# Finishing advice



## rob39 (20 Jan 2015)

Hi Guys
Looking for some advice on finishes, Any used the scroll sanders from Olson?? http://www.woodworkscraftsupplies.co.uk ... cts_id=710
Also when applying oil to finished work how do you get a good finish in the fiddly small tight areas of internal cuts??


----------



## Chippygeoff (20 Jan 2015)

Hi Rob. I have never used the scroll sanders but several of the members do use them and they seem happy with the results. The answer to the oil problem is quite simple. Dip the wood into a dip tank and that way every little cut out gets treated. I know this sounds a bit industrialised but it isn't. I use one of those tupperware type containers. There are lots of different oil finishes but the idea is to bring out the lovely grain in the wood. I keep the oil in a 4 pint milk container and pour a good depth, about 30mm, into my dip tank and maybe treat a dozen or so pieces at a time. On the bench I have several layers of newspaper and I lay out a few rows of the bamboo skewer sticks used for barbecues. After dipping each piece I place it on the skers to dry.

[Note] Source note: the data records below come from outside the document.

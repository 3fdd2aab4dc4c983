//! The slots of the latest packet.

ghost use Rattle.std.specs.Prelude.{◌≡◌, ◌≤◌, length};
ghost use Rattle.std.specs.Str.{bytes_eq};

use sacn_packets::SLOTS;
use std::marker::Model;

/// The slots of the latest packet, at most 512 octets. A contract sees the list of them.
#[derive(Drop)]
pub struct Content {
    octets: [u8; SLOTS],
    length: usize,
}

impl Model for Content {
    ghost use Rattle.std.specs.Prelude.{ℕ, List, ◌≤◌, take};
    ghost use Rattle.sacn_packets.specs.declared.universe.TheConstants.{SLOTS};

    ghost Value = { List ℕ };

    ghost view = { λ c. take c.length c.octets };

    ghost invariant = { λ c. c.length ≤ SLOTS };
}

impl Content {
    /// These slots.
    pub(crate) fn of(slots: &[u8]) -> Self
        requires { length slots.now ≤ SLOTS }
        ensures { result ≡ slots.now }
    {
        let mut octets = [0; SLOTS];
        octets[..slots.len()].copy_from_slice(slots);
        Content {
            octets,
            length: slots.len(),
        }
    }

    /// Whether these are the same slots, to the octet.
    pub(crate) fn is_same(&self, slots: &[u8]) -> bool
        ensures { result ≡ bytes_eq self.now slots.now }
    {
        let held = &self.octets[..self.length];
        held == slots
    }

    /// These slots in place of those.
    pub(crate) fn set(&mut self, slots: &[u8])
        requires { length slots.now ≤ SLOTS }
        ensures { self.new ≡ slots.now }
    {
        self.octets[..slots.len()].copy_from_slice(slots);
        self.length = slots.len();
    }
}
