//! By which numbers the packets of a stream come.

ghost use Rattle.std.specs.Prelude.{◌≡◌};
ghost use Rattle.sacn_audit.specs.Arrivals.{number_after};
ghost use Rattle.sacn_audit.specs.Audits.{first_habits, habits_after, passes_over, turns_after};

use crate::limits::{COPIES_IN_A_ROW, TURNS};

/// By which numbers the packets of a stream come.
#[derive(Clone, Copy, PartialEq, Eq)]
pub struct NumberHabits {
    /// The latest number that was passed over alone; 0 where none was.
    pub left_out: u8,
    /// So many turns in a row passed it over, while all else went up by one: 3 for three or more, 0 where that isn't so.
    pub turns: u8,
    /// So many packets in a row have the latest number: 4 for four or more.
    pub same: u8,
}

impl NumberHabits {
    /// Those of a first packet.
    pub(crate) fn first() -> Self
        ensures { result ≡ first_habits }
    {
        NumberHabits {
            left_out: 0,
            turns: 0,
            same: 1,
        }
    }

    /// One packet more, which has the number that arrived, after one that has the number held.
    pub(crate) fn after(self, held: u8, arrived: u8) -> Self
        ensures { result ≡ habits_after held arrived self }
    {
        let left_out = if passes_over(held, arrived) {
            number_after(held)
        } else {
            self.left_out
        };
        let same = if arrived == held {
            self.same.saturating_add(1).min(COPIES_IN_A_ROW)
        } else {
            1
        };
        NumberHabits {
            left_out,
            turns: self.turns_after(held, arrived),
            same,
        }
    }

    // The turns in a row that passed over a number, after a packet more.
    fn turns_after(self, held: u8, arrived: u8) -> u8
        ensures { result ≡ turns_after held arrived self }
    {
        if passes_over(held, arrived) {
            if number_after(held) == self.left_out {
                return self.turns.saturating_add(1).min(TURNS);
            }
            return 1;
        }
        if arrived == number_after(held) && arrived != self.left_out {
            self.turns
        } else {
            0
        }
    }
}

/// The number after this one: they go round in turns of 256.
pub(crate) fn number_after(number: u8) -> u8
    ensures { result ≡ number_after number }
{
    number.wrapping_add(1)
}

/// Whether a number passes over the one before it alone.
pub(crate) fn passes_over(held: u8, arrived: u8) -> bool
    ensures { result ≡ passes_over held arrived }
{
    arrived == number_after(number_after(held))
}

Some oils will solidify when put into a different container or a thick skin will develop on the surface. I have found that the teak oil sold by Wilkinson's under their own label to be the best as it remains liquid all the time. I just top it up from time to time. I leave to dipped items to dry overnight and then wax polish them the following day.


----------



## jamiecrawford (20 Jan 2015)

Great advice, cheers Geoff, and cheers for asking, Rob! I love coming on. Here and learning something, over a cup of tea


----------



## Samfire (20 Jan 2015)

I purchased some sanders thinking I could use them on internal cuts but the ends were too big to pass through the wood.
Sam


----------



## scrimper (20 Jan 2015)

I simply hate doing the finish because I am so rubbish at it, I usually end up using either a water based varnish that dries quickly or one of those spray varnishes which are more effective but take a while to dry.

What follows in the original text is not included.